This is the last our series of articles by the much-loved TCW writer Nick Booth, who died in September. It was first published on August 29, 2023. You can read Kathy’s introduction here.
I’M expecting some mortifying news about my cancer. Minotaura, the NHS administrator with this vital intelligence, has other ideas. Reports of my imminent death are a distraction, it seems, from her excitement about Epic, her new computer app. Taura (not her real name) could actually help me find out the latest on my life expectancy. But she pretends not to know because she’s more interested in what the computer can do for her. Patients be damned.

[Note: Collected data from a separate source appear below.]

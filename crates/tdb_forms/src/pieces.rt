//! Ranged texts: expressions with the limits of the temperatures at which they hold.

ghost use Rattle.std.specs.Prelude.{◌≡◌, ◌<◌, ◌≤◌, IfOk, IfSome, IfNone, length, pos, List, ℕ};
ghost use Rattle.std.specs.List.{prefix_len};
ghost use Rattle.cal_dec.specs.Decimals.{decimal_of, whole_number};
ghost use Rattle.cal_dec.specs.declared.dec.Dec.{Dec as Number};
ghost use Rattle.tdb_expr.specs.declared.ranged.Piece.{Piece as PieceOf};
ghost use Rattle.tdb_expr.specs.Forms.{IsPiece as IsFinePiece, IsRanged};
ghost use Rattle.tdb_forms.specs.Finding.{Finds};
ghost use Rattle.tdb_forms.specs.Ranges.{is_separator, behind_separators as text_behind_separators, IsHigh, IsPiece, ArePieces, IsRangedText};
ghost use Rattle.tdb_forms.specs.Following.{GoesOn, EachIsFine};

use crate::number::number_at;
use cal_dec::{Dec, longest_number};
use cal_list::Items;
use cal_scan::{behind_spaces, cut_at};
use std::alloc::{AllocError, Global};
use tdb_expr::{Piece, Ranged, read_expr};

fn separator_count(text: &[u8]) -> usize
    ensures value { result ≡ prefix_len is_separator text.now }
    ensures bound { result ≤ length text.now }
{
    text.iter()
        .take_while(|byte| **byte == b' ' || **byte == b',')
        .count()
}

/// What stands behind all spaces and commas at the front of a text.
#[tactic(auto, unfolding(crate::specs::Ranges::behind_separators))]
fn behind_separators(text: &[u8]) -> &[u8]
    ensures { result.now ≡ text_behind_separators text.now }
{
    let (_, rest) = text.split_at(separator_count(text));
    rest
}

/// The limit of 6000 K, where none is written.
fn highest() -> Dec
    ensures value { decimal_of result ≡ whole_number (pos 6000) }
{
    Dec {
        mantissa: 6000,
        exponent: 0,
    }
}

/// The high limit at the front of a text, and what stands behind it.
fn high_limit(text: &[u8]) -> Option<(Dec, &[u8])>
    ensures found { IfSome result (λ r. IsHigh text.now r.0 r.1.now) }
    ensures none { IfNone result ((high : Number) (rest : List ℕ) → IsHigh text.now high rest → ⊥) }
{
    match longest_number(text) {
        None => Some((highest(), text)),
        Some(_) => number_at(text),
    }
}

/// One expression with its high limit, and what stands behind them.
fn piece<'a>(alloc: Global, text: &'a [u8]) -> Result<Option<(Piece, &'a [u8])>, AllocError>
    ensures found { IfOk result (λ o. IfSome o (λ r. IsPiece text.now r.0 r.1.now)) }
    ensures none { IfOk result (λ o. IfNone o ((piece : PieceOf) (rest : List ℕ) → IsPiece text.now piece rest → ⊥)) }
    ensures fine { IfOk result (λ o. IfSome o (λ r. IsFinePiece r.0)) }
    ensures shorter { IfOk result (λ o. IfSome o (λ r. length r.1.now < length text.now)) }
{
    match cut_at(text, b';') {
        None => Ok(None),
        Some((expression, limit)) => match high_limit(behind_separators(limit)) {
            None => Ok(None),
            Some((high, after)) => {
                let expr = read_expr(alloc, expression)?;
                Ok(Some((Piece { high, expr }, behind_separators(after))))
            }
        },
    }
}

/// How a ranged text goes on behind a piece.
enum Behind<'a> {
    /// It ends.
    End,
    /// The next piece stands there.
    Next(&'a [u8]),
    Other,
}

fn behind_piece(text: &[u8]) -> Behind<'_>
    ensures { GoesOn text.now result }
{
    match text.split_first() {
        None => Behind::End,
        Some((b'N', _)) => Behind::End,
        Some((b'Y', rest)) => Behind::Next(rest),
        Some(_) => Behind::Other,
    }
}

/// The pieces of a ranged text, up to `N` or the end of the text.
fn pieces(alloc: Global, text: &[u8]) -> Result<Option<Items<Piece>>, AllocError>
    ensures value { IfOk result (λ o. Finds (ArePieces text.now) o) }
    ensures fine { IfOk result (λ o. IfSome o (λ pieces. EachIsFine pieces)) }
{
    let mut all = Items::new(alloc);
    let mut rest = text;
    'pieces: loop {
        let found = piece(alloc, rest)?;
        match found {
            None => return Ok(None),
            Some((piece, behind)) => {
                all.push(piece)?;
                match behind_piece(behind) {
                    Behind::End => return Ok(Some(all)),
                    Behind::Next(next) => rest = next,
                    Behind::Other => return Ok(None),
                }
            }
        }
    }
}

/// The ranged text of a command at a line.
pub fn read_ranged(alloc: Global, line: u32, text: &[u8]) -> Result<Option<Ranged>, AllocError>
    ensures value { IfOk result (λ o. Finds (IsRangedText line text.now) o) }
    ensures fine { IfOk result (λ o. IfSome o IsRanged) }
{
    match number_at(behind_spaces(text)) {
        None => Ok(None),
        Some((_, behind)) => {
            let found = pieces(alloc, behind)?;
            match found {
                None => Ok(None),
                Some(pieces) => Ok(Some(Ranged { line, pieces })),
            }
        }
    }
}
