//! The kind of a parameter.

ghost use Rattle.std.specs.Prelude.{◌≡◌, IfOk};
ghost use Rattle.std.specs.List.{list_all};
ghost use Rattle.std.specs.Prelude.{if◌then◌else◌};
ghost use Rattle.tdb_forms.specs.Kinds.{is_kind_byte, is_kind_word as kind_word, is_mobility as mobility, is_volume as volume, kind_name as name_of_kind, plain_kind as kind_of_name, kind_of};

use cal_scan::{Name, cut_at, is_constituent, is_digit_byte, is_letter_byte, is_word};
use cef_kind::Kind;
use std::alloc::{AllocError, Global};

fn all_may_stand(word: &[u8]) -> bool
    ensures { result ≡ list_all is_kind_byte word.now }
{
    word.iter()
        .all(|byte| is_letter_byte(*byte) || is_digit_byte(*byte))
}

/// Whether a word is letters and digits.
#[tactic(auto, unfolding(crate::specs::Kinds::is_kind_word))]
fn is_kind_word(word: &[u8]) -> bool
    ensures { result ≡ kind_word word.now }
{
    !word.is_empty() && all_may_stand(word)
}

/// Whether a kind is a mobility or diffusion data.
fn is_mobility(word: &[u8]) -> bool
    ensures { result ≡ mobility word.now }
{
    is_word(word, b"MQ") || is_word(word, b"MF") || is_word(word, b"DQ") || is_word(word, b"DF")
}

/// Whether a kind is one of volume.
fn is_volume(word: &[u8]) -> bool
    ensures { result ≡ volume word.now }
{
    is_word(word, b"V0") || is_word(word, b"VA") || is_word(word, b"VS")
}

/// The name of a kind in a key: `L` is `G`, and `BMAG` is `BMAGN`.
#[tactic(auto, unfolding(crate::specs::Kinds::kind_name))]
fn kind_name(word: &[u8]) -> &[u8]
    ensures { result.now ≡ name_of_kind word.now }
{
    if is_word(word, b"L") {
        return b"G";
    }
    if is_word(word, b"BMAG") {
        return b"BMAGN";
    }
    word
}

/// What a parameter adds to whose kind has this name.
#[tactic(auto, unfolding(crate::specs::Kinds::plain_kind))]
fn plain_kind(name: &[u8]) -> Kind
    ensures { result ≡ kind_of_name name.now }
{
    if is_word(name, b"G") {
        return Kind::G;
    }
    if is_word(name, b"TC") {
        return Kind::Tc;
    }
    if is_word(name, b"BMAGN") {
        return Kind::Beta;
    }
    if is_mobility(name) || is_volume(name) {
        return Kind::Unread;
    }
    Kind::Other
}

/// What a parameter adds to whose kind is this word and a constituent.
fn kind_of_constituent(word: &[u8]) -> Kind
    ensures { result ≡ (if mobility word.now then Kind.Unread else Kind.Other) }
{
    if is_mobility(word) {
        return Kind::Unread;
    }
    Kind::Other
}

/// The kind that letters and digits name, alone or with `&` and a constituent, and its name in a key.
#[tactic(auto, unfolding(crate::specs::Kinds::kind_of))]
pub fn read_kind(alloc: Global, text: &[u8]) -> Result<Option<(Kind, Name)>, AllocError>
    ensures { IfOk result (λ o. o ≡ kind_of text.now) }
{
    match cut_at(text, b'&') {
        None => {
            if !is_kind_word(text) {
                return Ok(None);
            }
            let name = kind_name(text);
            let copy = Name::from_bytes(alloc, name)?;
            Ok(Some((plain_kind(name), copy)))
        }
        Some((word, constituent)) => {
            if !(is_kind_word(word) && is_constituent(constituent)) {
                return Ok(None);
            }
            let copy = Name::from_bytes(alloc, text)?;
            Ok(Some((kind_of_constituent(word), copy)))
        }
    }
}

I’m in the late (i.e. last) stage of cancer and I’m down to my last chemotherapy option. My most recent and, I suspect last, MRI and CT scans will tell me everything about my death expectancy, whether the cancer has won its battle or whether my final drug, my Alamo, is still holding the invaders back before they are set loose to rampage round my body.
It’s Taura’s responsibility to give me that information. But in my five years in death’s waiting room I’ve seen many a Taura tell doctors where to go because of Covid, or that they’ve used the wrong form. The irony being that somewhere in Taura’s job application she will have said that she is passionate about patient welfare. She had to say that because her last job was conveying packages between hospitals, so it’s a big step up in patient-staff relations.
Has she got the empathy to do the job?
Read this conversation and I’ll let you be the judge.
‘Hello Taura. I had a scan in May and I’m still waiting for my results,’ I say.
‘Ooh, Nicholas, I don’t know what happened there. What are you going to do now?’
She doesn’t know what happened? What am I going to do now? She is the head of administration. She’s paid to know what happened! She’s supposed to rectify the situation. Water company CEOs may be despicable but at least they admit that those are their turds in the Thames.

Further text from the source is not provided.